For an in-depth look at what's different with the new Celeron, the first 11 or so pages of our Pentium 4 E (Prescott) launch article do an excellent job of covering the bases. For a quick summary, here's a look at the major changes inside the Prescott core:
  • 90nm Strained Silicon Process - more, faster transistors in less space
  • 31 Pipeline Stages - for clock speed ramping
  • Improved Branch Predictor - helps avoid pipeline stall
  • Improved Scheduler - helps avoid doing unnecessary work
  • Improved Execution Core - added integer multiply and fast shift to ALU
  • Larger, Slower Caches - higher latency caches for speed and size scaling
  • SSE3 - 13 new instructions
The Celeron D gets an additional bonus of an FSB speed increase from 400MHz to 533MHz as well.

Even with the ominous 31-stage pipeline and higher latency caches, we get better performance with the new Celeron D. So, how does all this stack up to make Prescott a better Celeron than Northwood? Well, let's take it step by step.

First of all, the 16kb L1 cache size of Prescott has a significant impact on the Celeron. Northwood based Celerons only have 8kb of L1 cache. With 8kb more of the on die data stored "closer" (in terms of latency) to the processor, we will definitely see more cache hits get to the processor quicker in spite of the fact that cache latency on Celeron D is the same as Pentium 4 E. Prescott's cache latency is much higher than Northwood's. Improving this ability to recover is critical, as eventhough Celeron D has an increased L2 cache, the size of on die memory is still small and cache misses will occur more than on the Pentium 4.

When dealing with a processor short on cache and prone to very painful pipeline stalls, improving the average cache hit latency can really help to keep extra stalls from happening (a fast L2 hit will come back in about 25 cycles on Prescott), and can help to refill the pipeline once its stalled (as more data will be able to get back into the pipeline faster).

This 8kb of extra L1 cache is a much smaller portion of Pentium 4's total cache size. Since Pentium 4 E has fewer cache misses than Celeron D (it has 4 times the L2 cache), improvements to the L1 cache size don't have as much opportunity to shine.

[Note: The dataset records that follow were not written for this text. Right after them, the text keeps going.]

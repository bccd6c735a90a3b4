//! What a program does with its lines.
ghost use Rattle.std.specs.Prelude.{◌≡◌, ◌+◌, ◌++◌, ◌≤◌, length, List, IfOk, IfErr, OnOk};
ghost use Rattle.line_program.specs.declared.limits.TheConstants.{LAST_LINE_BYTES};
ghost use Rattle.line_program.specs.Script.{IsLineOf};
ghost use Rattle.line_program.specs.Steps.{IsUnread, Answered};

use job_values::NoMemory;
use std::alloc::Global;

/// Why a line was not read.
#[derive(Clone, Copy)]
pub enum Unread {
    /// It is none; what begins some line ends before this column, counted from 1.
    Bad(u32),
    /// Memory ran out.
    NoMemory,
}

/// What a program does with its lines: it reads each as an event, acts it, and reports at the end.
pub trait LineMachine: Drop {
    ghost use Rattle.line_program.specs.Meaning.{Play};

    type Event: Drop;

    /// What the answers of a new machine depend on.
    type Settings;

    // What its lines mean, and for which events it stands.
    ghost play: { Play Self Self.Event Self.Settings };

    /// The event of a line, which has its end with it.
    fn read(&self, alloc: Global, line: &[u8]) -> Result<Self::Event, Unread>
        requires { length line.now ≤ LAST_LINE_BYTES + 1 }
        ensures line { IfOk result (λ event. (settings : Self.Settings) → IsLineOf (play.meaning settings) event line.now) }
        ensures bad { IfErr result (λ e. (settings : Self.Settings) → IsUnread (play.meaning settings) line.now e) };

    /// Acts an event, and puts the text of its answer behind the buffer.
    fn act(&mut self, alloc: Global, event: &Self::Event, out: &mut Vec<u8>) -> Result<(), NoMemory>
        ensures { OnOk result ((settings : Self.Settings) (events : List Self.Event) → play.stands settings self.old events →
            Answered play settings self.new events event.now out.old.items out.new.items) };

    /// Puts the text of the report behind the buffer; so many lines were taken.
    fn report(&self, alloc: Global, lines: usize, out: &mut Vec<u8>) -> Result<(), NoMemory>
        ensures { OnOk result ((settings : Self.Settings) (events : List Self.Event) → play.stands settings self.now events → length events ≡ lines →
            out.new.items ≡ out.old.items ++ (play.meaning settings).report events) };
}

Speaking of L2, the Celeon D has received an increase from 128kb in the current Celeron to 256kb. Even though this is still a quarter of the (still insufficient) 1MB cache the Pentium 4 E has, we aren't going to see the same type of performance drop we saw when moving from the Northwood Pentium 4 to Celeron (which also had a quarter of its big brother's cache). The reason is the number of cache hits we will see increase rapidly and hit a point of diminishing returns after a certain size. The curve is similar to a logarithmic curve (benefits increase rapidly as cache size increases at first, but then level off quickly).

What it comes down to is that doubling a small cache (say, going from 128kb to 256kb) will have a much higher impact on performance (because the number of cache hits is significantly increased) than doubling a larger cache (like going from 512kb to 1MB). In other words, P4 E gets less benefit from its doubled L2 cache than Celeron D.

While we're on the subject of caches and memory, the 533MHz frontside bus effectively gets data from memory to the processor faster in case of a cache miss. This is very important in the low- cache environment of the Celeron world. Unfortunately, we couldn't increase our multiplier and run our 2.8 GHz Celeron 335 at 28x100 to see just what kind of impact bus speed has on the new processor.

The enhancements Intel made to branch prediction and scheduling round out the factors that help make Prescott an excellent Celeron core. Since we're working with a small L2 cache, it is excessively important to work with good data and avoid stalls for reasons other than cache misses. Northwood is at a disadvantage to Prescott here. Better branch prediction will help avoid filling the cache with data from a mis-predicted branch as well as aid in averting unnecessary bubbles in the pipeline for the same reason. Better scheduling means more efficient use of the data available to the processor as well. Northwood is stuck on these two counts. Adding an integer multiply and fast shift/rotate to Prescott also helped the Celeron D maintain a high level of efficiency, but this really shouldn't have any greater impact on Celeron D than on Pentium 4.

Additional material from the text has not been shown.